A nova joint venture, ainda sem nome, combinará suas descobertas com a tecnologia de motor de foguete da Reaction Engines, com financiamento inicial do investidor de tecnologia limpa IP Group.

Eles acreditam que o primeiro setor a adotar sua tecnologia é o transporte marítimo. A amônia já foi vista como um combustível mais limpo para o setor marítimo e poderia ser um combustível prontamente disponível, como um produto que atualmente é amplamente transportado e armazenado em todo o mundo.

No entanto, a maior parte da amônia do mundo é produzida a partir de combustíveis fósseis em um processo de uso intensivo de energia que é responsável por 1-2% das emissões globais de carbono. Para ser verdadeiramente neutro em carbono, a nova aeronave teria que funcionar com “amônia verde” , produzida a partir da água e do ar usando energia renovável .
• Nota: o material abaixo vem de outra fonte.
//! The tasks of a region.

ghost use Rattle.std.specs.Prelude.{◌≡◌, ◌<◌, ℕ, [], ◌∷◌, ◌++◌, Some, None, length, slice_get};
ghost use Rattle.std.specs.Prelude.{unwrap_or, OnOk, OnErr, IfSome, IfNone};
ghost use Rattle.std.specs.Borrow.{sem};
ghost use Rattle.std.specs.Map.{values_of};
ghost use Rattle.cics_dispatch.specs.Machine.Machine.{Task as TaskValue, task_at, label_of, with_unit};
ghost use Rattle.cics_dispatch.specs.Machine.Steps.{new_task};
ghost use Rattle.cics_dispatch.specs.Machine.Tasks.{own_unit, IsOwn, HasNoOwner};
ghost use Rattle.cics_dispatch.specs.Machine.Tasks.{HasRoomForUnits, AreOwnersKept};
ghost use Rattle.cics_dispatch.specs.Machine.TasksLoans.{LendsBrowsesAt};
ghost use Rattle.cics_dispatch.specs.Machine.Calls.{OfTask, HasChanged};

use crate::machine::browses::Browses;
use crate::machine::task::Task;
use cics_history::UnitId;
use cics_names::{Name8, NoMemory};
use indexmap::IndexMap;
use std::alloc::Global;
use std::marker::Model;

/// The tasks of a region, in the order of attach, those that have ended included.
///
/// A task has an index, from 0 on, which stays. It is found by its label, and by its unit of work,
/// without a look at the others.
#[derive(Drop)]
pub struct Tasks {
    rows: IndexMap<Name8, Task>,
    // The index of each open unit's task. A unit that has ended stays, with None, until the map is
    // full. By the map's contract, removing an entry need not free room. Then the map is filled
    // anew. It has room for twice as many units as tasks, less one, so that is seldom.
    owners: IndexMap<UnitId, Option<usize>>,
    alloc: Global,
}

impl Model for Tasks {
    ghost use Rattle.std.specs.Prelude.{List};
    ghost use Rattle.std.specs.Map.{values_of};
    ghost use Rattle.cics_dispatch.specs.Machine.Machine.{Task as TaskValue};
    ghost use Rattle.cics_dispatch.specs.Machine.Tasks.{AreTaskRowsKept, AreOwnersKept};

    ghost Value = { List TaskValue };

    ghost view = { λ t. values_of t.rows.entries };

    ghost invariant = { λ t. AreTaskRowsKept t.rows.entries
        × AreOwnersKept (values_of t.rows.entries) t.owners };
}

// Fills `owners` anew, from the units of the tasks. Takes no memory.
fn enter_all(rows: &IndexMap<Name8, Task>, owners: &mut IndexMap<UnitId, Option<usize>>)
    requires units { IsOwn own_unit (values_of rows.now.entries) }
    requires room { HasRoomForUnits (values_of rows.now.entries) owners.old }
    ensures { AreOwnersKept (values_of rows.now.entries) owners.new }
{
    owners.clear();
    for at in 0..rows.len() {
        let Some(unit) = rows[at].unit() else {
            continue;
        };
        let Ok(_) = owners.insert(unit, Some(at)) else {
            unreachable!();
        };
    }
}

impl Tasks {
    /// Returns no tasks. `alloc` gives the memory for tasks and their browses.
    pub fn new(alloc: Global) -> Tasks
        ensures { result ≡ [] }
    {
        Tasks {
            rows: IndexMap::new(alloc),
            owners: IndexMap::new(alloc),
            alloc,
        }
    }

    /// Returns how many tasks were attached. That is less than `usize::MAX`.
    pub fn len(&self) -> usize
        ensures length { result ≡ length self.now }
        ensures fits { length self.now < 0xFFFFFFFFFFFFFFFF }
    {
        self.rows.len()
    }

    /// Begins a task, last of all. No task has its label. `dtimout` is the seconds that it may
    /// wait, 0 for no limit. Reserves room for its units too. On error no task begins.
    pub fn attach(&mut self, label: Name8, dtimout: u64) -> Result<(), NoMemory>
        requires { task_at self.old label ≡ None }
        ensures ok { OnOk result (self.new ≡ self.old ++ new_task label dtimout ∷ []) }
        ensures err { OnErr result (self.new ≡ self.old) }
    {
        let tasks = self.rows.len();
        let room = (tasks + tasks + 1).saturating_sub(self.owners.len());
        self.owners.reserve(room)?;
        let task = Task::new(self.alloc, label, dtimout);
        self.rows.insert(label, task)?;
        Ok(())
    }

    /// Returns the index of the task of a label, if there is one.
    pub fn find(&self, label: &Name8) -> Option<usize>
        ensures task { IfSome result (λ at. slice_get self.now at ≡ task_at self.now label.now) }
        ensures within { IfSome result (λ at. at < length self.now) }
        ensures none { IfNone result (task_at self.now label.now ≡ None) }
    {
        self.rows.get_index_of(label)
    }

    /// Returns the task at an index.
    pub fn get(&self, at: usize) -> &Task
        requires { at < length self.now }
        ensures { slice_get self.now at ≡ Some result.now }
    {
        &self.rows[at]
    }

    /// Returns the label of the task whose open unit of work this is, if it is a task's.
    pub fn label_of(&self, unit: UnitId) -> Option<Name8>
        ensures label { unwrap_or result [] ≡ label_of self.now unit }
        ensures none { IfNone result (HasNoOwner self.now unit) }
    {
        let at = (*self.owners.get(&unit)?)?;
        Some(self.get(at).label())
    }

    /// Gives the task at an index a unit, unless it has it already. No other task has it. Takes no
    /// memory.
    #[inline(always)]
    pub fn own_unit(&mut self, at: usize, unit: UnitId)
        requires within { at < length self.old }
        requires free { OfTask self.old at (λ t. t.unit ≡ None → HasNoOwner self.old unit) }
        requires own { (t : TaskValue) (u : ℕ) →
            slice_get self.old at ≡ Some t → t.unit ≡ Some u → u ≡ unit }
        ensures { HasChanged self.old at (λ t. with_unit t unit) self.new }
    {
        if self.rows[at].unit().is_some() {
            return;
        }
        self.rows[at].begin_unit(unit);
        // The unit is new, but that isn't known here. Nor is it known that an entry that replaces
        // another takes no room.
        if self.owners.len() == self.owners.capacity() || self.owners.contains_key(&unit) {
            enter_all(&self.rows, &mut self.owners);
            return;
        }
        let Ok(_) = self.owners.insert(unit, Some(at)) else {
            unreachable!();
        };
    }

    /// Takes the unit of the task at an index away, if it has one, and returns it. Ends all the
    /// task's browses, and if `has_ended` the task too. Takes no memory.
    pub fn close_unit(&mut self, at: usize, has_ended: bool) -> Option<UnitId>
        requires { at < length self.old }
        ensures unit { (t : TaskValue) → slice_get self.old at ≡ Some t → result ≡ t.unit }
        ensures task { HasChanged self.old at
            (λ t. record t { unit = None; browses = []; has_ended = has_ended }) self.new }
    {
        let unit = self.rows[at].close_unit(has_ended)?;
        let Some(owner) = self.owners.get_mut(&unit) else {
            unreachable!();
        };
        *owner = None;
        Some(unit)
    }

    /// Returns the browses of the task at an index, to be changed. The task isn't lent whole: its
    /// label and unit lead to its index, and must stay.
    pub fn browses_mut(&mut self, at: usize) -> &mut Browses
        requires { at < length self.old }
        ensures* writes_back { sem 𝓛 (LendsBrowsesAt self.entry at result) }
        ensures browses { OfTask self.old at (λ t. result.now ≡ t.browses) }
    {
        self.rows[at].browses_mut()
    }
}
O cracking da amônia usando os reatores do avião produz hidrogênio e nitrogênio, e as emissões são água e óxidos nitrosos (NOx). O NOx é um gás de efeito estufa indireto e pode levar à formação de poluentes atmosféricos prejudiciais à saúde , como partículas em suspensão.

O custo da amônia, ou hidrogênio, superaria em muito o querosene como combustível para aviação, mas as empresas esperam que os impostos e a legislação sobre o carbono alterem a economia futura.

A aviação e o transporte marítimo respondem atualmente por 5% das emissões mundiais de CO2 e espera-se que seu impacto cresça sem mudanças tecnológicas ou comportamentais significativas.

O governo britânico criou no ano passado um jet zero Council com o objetivo de descarbonizar o vôo, com Boris Johnson sugerindo que o Reino Unido poderia construir um avião transatlântico de emissão zero real até 2050 .

A indústria assinou um compromisso líquido zero para 2050, que depende fortemente de combustíveis sustentáveis ​​e de compensação. O cracking de amônia a bordo, se for viável, pode gerar um vôo zero carbono 20 anos antes, sugere a nova joint venture, embora ainda haja grandes desafios para descarbonizar a produção de amônia, reduzir NOx e combater os efeitos dos rastros de aeronaves que contribuem para o aquecimento global .

Bill David, membro sênior do STFC e professor de química de materiais de energia em Oxford, disse: “Estou entusiasmado com o impacto que nossa tecnologia pode ter ao permitir transições de baixo impacto em setores de energia difíceis de reduzir.

“Jogando com as forças complementares de amônia e hidrogênio, nossa tecnologia de cracker pode contar com a infraestrutura global de amônia para fornecer, em escala, combustíveis de amônia-hidrogênio combinados que imitam o desempenho do combustível fóssil e oferecem soluções de energia adaptadas a preços acessíveis.”

David disse que eles estavam “em uma jornada” para mostrar que as emissões de NOx poderiam ser reduzidas com a mistura e as temperaturas certas. A própria amônia é uma grande parte do AdBlue usada para reduzir as emissões de NOx dos motores de combustão a diesel.

Robert Trezona, chefe da Cleantech, IP Group, disse que a combinação de tecnologias foi “um grande avanço” com “uma infinidade de aplicações”. Ele acrescentou: “Esta é uma combinação incrível e confiável de ciência e engenharia … é uma coisa possível.”

A empresa terá como objetivo levantar dezenas de milhões em financiamento de outros investidores no próximo ano para construir demonstrações em maior escala – inicialmente muito no terreno, Trezona disse: “Isso funciona – mas sabemos que precisamos mostrar hardware para obter investimento.”